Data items
━━━━━━
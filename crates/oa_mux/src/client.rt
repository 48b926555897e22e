//! A client of a shared session.
ghost use Rattle.std.specs.Prelude.{◌≡◌, ◌<◌, ◌≤◌, [], length, take, true, IfOk, OnErr, Some, None};
ghost use Rattle.oa_mux.specs.Readers.{ClientBrings, IsWholeRecord};
ghost use Rattle.oa_mux.specs.promise.Readers.ClientState.{Held, Over};
ghost use Rattle.oa_mux.specs.Steps.{EndsWith, IsWholeBehind, Takes, brought};
ghost use Rattle.oa_mux.specs.declared.step.ClientItem.TheVariants as what;

use crate::found::{Found, find};
use crate::{ClientItem, ClientStep, WholeRecord};
use oa_frame::End;
use std::alloc::{AllocError, Global};
use std::marker::Model;
use std::mem::replace;

/// The state of a client's stream: the bytes of an incomplete record, or that the stream has ended
/// and its further bytes are ignored.
#[derive(Drop)]
pub(crate) struct Client {
    alloc: Global,
    part: Vec<u8>,
    over: bool,
}

impl Model for Client {
    ghost use Rattle.std.specs.Prelude.{◌≡◌, false};
    ghost use Rattle.oa_mux.specs.promise.Readers.{ClientState};
    ghost use Rattle.oa_mux.specs.Readers.{IsPartRecord, kept};

    ghost Value = { ClientState };

    ghost view = { λ c. kept c.over c.part.items };

    ghost invariant = { λ c. c.over ≡ false → IsPartRecord c.part.items };
}

impl Client {
    /// Makes a client between two records. Allocates nothing.
    pub(crate) fn new(alloc: Global) -> Client
        ensures { result ≡ Held [] }
    {
        Client {
            alloc,
            part: Vec::new(alloc),
            over: false,
        }
    }

    /// Returns whether the client is between two records.
    pub(crate) fn is_between(&self) -> bool
        ensures { result ≡ true → self.now ≡ Held [] }
    {
        !self.over && self.part.is_empty()
    }

    /// Consumes bytes up to the end of the first whole item, and returns the item. Err: an
    /// allocation for a part of a record failed, and nothing was consumed.
    pub(crate) fn advance<'a>(&mut self, bytes: &'a [u8]) -> Result<ClientStep<'a>, AllocError>
        requires { 0 < length bytes.now }
        ensures taken { IfOk result (λ s. Takes s.taken s.what (length bytes.now)) }
        ensures brings { IfOk result (λ s. ClientBrings (Some self.old) (take s.taken bytes.now) (brought s.what) (Some self.new)) }
        ensures err { OnErr result (self.new ≡ self.old) }
    {
        let taken = bytes.len();
        if self.over {
            return Ok(ClientStep {
                taken,
                what: ClientItem::Nothing,
            });
        }
        match find(&self.part, bytes) {
            Found::Part => {
                self.part.extend_from_slice(bytes)?;
                Ok(ClientStep {
                    taken,
                    what: ClientItem::Nothing,
                })
            }
            Found::Whole(taken) => {
                let what = ClientItem::Body(self.gather(&bytes[..taken])?);
                Ok(ClientStep { taken, what })
            }
            Found::Ends(why, taken) => {
                self.part = Vec::new(self.alloc);
                self.over = true;
                Ok(ClientStep {
                    taken,
                    what: ClientItem::Ends(why),
                })
            }
        }
    }

    /// Returns the record that `bytes` complete. If it begins with them, nothing is copied. Err: an
    /// allocation failed, and nothing changed.
    fn gather<'a>(&mut self, bytes: &'a [u8]) -> Result<WholeRecord<'a>, AllocError>
        requires { IsWholeBehind bytes.now self.old }
        ensures record { IfOk result (λ r. ClientBrings (Some self.old) bytes.now (brought (what.Body r)) (Some self.new)) }
        ensures err { OnErr result (self.new ≡ self.old) }
    {
        if self.part.is_empty() {
            return Ok(WholeRecord::Here(bytes));
        }
        self.part.extend_from_slice(bytes)?;
        let gathered = replace(&mut self.part, Vec::new(self.alloc));
        Ok(WholeRecord::Gathered(gathered))
    }

    /// Returns how the client's stream ends; None if it had ended before.
    pub(crate) fn end(self) -> Option<End>
        ensures { EndsWith result (Some self) None }
    {
        if self.over {
            return None;
        }
        if self.part.is_empty() {
            Some(End::Closed)
        } else {
            Some(End::Cut)
        }
    }
}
━━━━━━
(YOUR ASSIGNMENT) Within the data above, the lines from the one with "result ≡ Held" to the one with "item. Err: an" must be repeated exactly; no other line belongs in the answer.

(WRITTEN SOLUTION)
        ensures { result ≡ Held [] }
    {
        Client {
            alloc,
            part: Vec::new(alloc),
            over: false,
        }
    }

    /// Returns whether the client is between two records.
    pub(crate) fn is_between(&self) -> bool
        ensures { result ≡ true → self.now ≡ Held [] }
    {
        !self.over && self.part.is_empty()
    }

    /// Consumes bytes up to the end of the first whole item, and returns the item. Err: an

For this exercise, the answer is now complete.